La elección dejó en evidencia un problema institucional que hasta ahora no se había manifestado: esta es la primera presidencial con voto obligatorio conviviente con primarias voluntarias. Esa combinación alteró los incentivos para participar —y competir— en las primarias. El resultado no es solo una baja participación respecto de un padrón de más de trece millones de electores, sino un desequilibrio estratégico que afecta directamente el tipo de candidaturas que llegan a la primera vuelta. Y no hay razones para pensar que esta brecha se reduzca en futuras elecciones: responde a la lógica misma del diseño.
Durante años, las primarias fueron útiles para ordenar coaliciones y procesar diferencias internas, porque todo el ciclo electoral operaba bajo la misma regla de participación: inscripción automática y voto voluntario. Cuando se reinstaló el voto obligatorio, esa coherencia se perdió. Desde entonces, las primarias dejaron de reflejar el mapa real de preferencias y se transformaron en un espacio demasiado estrecho para medir competitividad hacia la presidencial.
Lo relevante ya no es cuánta gente vota en una primaria, sino quién tiene incentivos para estar ahí.

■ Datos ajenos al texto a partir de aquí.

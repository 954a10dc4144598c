//! Closes a receive side: its instance and its ring.

ghost use Rattle.std.specs.Prelude.{◌≡◌, [], ◌∷◌, Some, length, true, vec_capacity};
ghost use Rattle.napi_calls.specs.Closed.{IsClosed};
ghost use Rattle.napi_calls.specs.Instance.{IsSeatOf, callers_of};
ghost use Rattle.rx_ring.specs.Ends.{IsOneRing, SameCtx, SameIn, put_list, received_list};
ghost use Rattle.device_shared.specs.Callers.{HasCallerRoom, IsSeat, Same, control_pass, fits_poller, state_pass};

use napi_calls::{Caller, CallerState, Control, ControlState, Napi, Off, TryTake};
use napi_model::Kind;
use poll_shared::complete;
use rx_ring::{Batch, MAX_WEIGHT, RxCtx, RxIn, beside};
use std::sync::Wait;

/// Closes an instance that the controller owns, and returns its poll context.
pub(crate) fn close(
    napi: Napi,
    interrupt: Caller,
    poller: Caller,
    thread: Caller,
    control: Control<Off>,
    mut callers: Vec<Caller>,
) -> RxCtx
    requires interrupt { IsSeatOf napi interrupt.pass }
    requires poller { IsSeatOf napi poller.pass }
    requires thread { IsSeatOf napi thread.pass }
    requires control { IsSeatOf napi control.pass }
    requires room { HasCallerRoom (callers_of napi) (length callers.items) (vec_capacity callers) }
    ensures closed { IsClosed
        napi (interrupt ∷ poller ∷ thread ∷ []) control.pass result }
    ensures ctx { result ≡ control.state.ctx }
{
    callers.push_reserved(interrupt);
    callers.push_reserved(poller);
    callers.push_reserved(thread);
    let closed = napi_calls::close(napi, callers, control);
    let Ok(ctx) = closed else { unreachable!() };
    ctx
}

/// Polls all packets in the ring that has these ends.
pub(crate) fn empty(input: &mut RxIn, ctx: &mut RxCtx)
    requires { IsOneRing input.old ctx.old }
    ensures input { SameIn input.old input.new }
    ensures ctx { SameCtx ctx.old ctx.new }
    ensures put { put_list input.new ≡ put_list input.old }
    ensures polled { received_list ctx.new ≡ put_list input.old }
{
    let mut batch = Batch::new();
    loop {
        beside(input, ctx);
        let given = ctx.poll(MAX_WEIGHT, &mut batch);
        if given == 0 {
            return;
        }
    }
}

// Makes a caller release the instance. If the instance waits in this queue, the caller takes it first.
fn release<R: Wait>(rt: &R, napi: &Napi, state: CallerState, kind: Kind) -> Caller
    requires state { fits_poller state ≡ true }
    requires seat { IsSeat napi.now (state_pass state) }
    ensures { IsSeatOf napi.now result.pass }
{
    let polling = match state {
        CallerState::Rests(caller) => match caller.take(napi, kind) {
            Ok(polling) => polling,
            Err(caller) => return caller,
        },
        CallerState::Polls(polling) => polling,
        CallerState::Busy(busy) => busy.stop(rt, napi),
        _ => unreachable!(),
    };
    complete(rt, napi, polling, true).0
}

/// Makes the callers release the instance, and disables it.
pub(crate) fn disable<R: Wait>(
    rt: &R,
    napi: &Napi,
    poller: CallerState,
    thread: CallerState,
    control: ControlState,
) -> (Caller, Caller, Control<Off>)
    requires poller { fits_poller poller ≡ true }
    requires poller_seat { IsSeat napi.now (state_pass poller) }
    requires thread { fits_poller thread ≡ true }
    requires thread_seat { IsSeat napi.now (state_pass thread) }
    requires control { IsSeat napi.now (control_pass control) }
    ensures poller { IsSeatOf napi.now result.0.pass }
    ensures thread { IsSeatOf napi.now result.1.pass }
    ensures control { Same (control_pass control) (Some result.2.pass) }
{
    let mut poller = release(rt, napi, poller, Kind::List);
    let mut thread = release(rt, napi, thread, Kind::Thread);
    let mut marked = match control {
        ControlState::Off(control) => return (poller, thread, control),
        ControlState::On(control) => control.mark(napi),
        ControlState::Marked(control) => control,
        ControlState::Gone => unreachable!(),
    };
    for _ in rt.forever() {
        match marked.try_take(napi) {
            TryTake::Taken(control) => return (poller, thread, control),
            TryTake::Busy(control) | TryTake::Changed(control) => marked = control,
        }
        poller = release(rt, napi, CallerState::Rests(poller), Kind::List);
        thread = release(rt, napi, CallerState::Rests(thread), Kind::Thread);
    }
    unreachable!()
}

En coaliciones amplias, las primarias tienden a favorecer a quienes le hablan a su electorado duro y penalizan a los que necesitan crecer hacia afuera. Para estos últimos, competir en una primaria voluntaria implica hipotecar amplitud y quedar amarrados a posiciones que no representan al electorado obligatorio que decidirá la presidencial. Esta elección lo mostró con claridad: las figuras de derecha optaron por evitar la primaria, mientras la oficialismo si bien logró una candidatura única, esta no logró nunca despegar y quedó anclada en un voto duro.
El efecto sistémico es claro. Por un lado, las primarias pierden atractivo para los liderazgos que aspiran a ser competitivos apostando a un electorado alejado de la política y se consolidan como un espacio dominado por electores convencidos, donde muchas veces sus temas y prioridades son distintos a las del país que luego está obligado a votar. Por otro, las coaliciones pueden terminar leyendo mal sus fuerzas: confunden el resultado de una primaria acotada con un mandato nacional y llegan a la primera vuelta defendiendo proyectos diseñados para ganar una interna, no para construir mayoría en una elección masiva.
La pregunta de fondo es si tiene sentido mantener un mecanismo voluntario al inicio de un ciclo electoral cuya fase decisiva es obligatoria. El problema no es la herramienta, sino el diseño. O todo el ciclo tiene la misma regla de participación, o los incentivos seguirán empujando a que las primarias pierdan relevancia política y estratégica.
Si Chile quiere primarias que realmente procesen diferencias internas, legitimen liderazgos competitivos y reflejen de manera aproximada el país que vota en la presidencial, necesita corregir esta asimetría. Cuando las reglas del inicio y del final del ciclo electoral son distintas, lo que se debilita no es solo la participación: es la arquitectura completa que sostiene la competencia presidencial.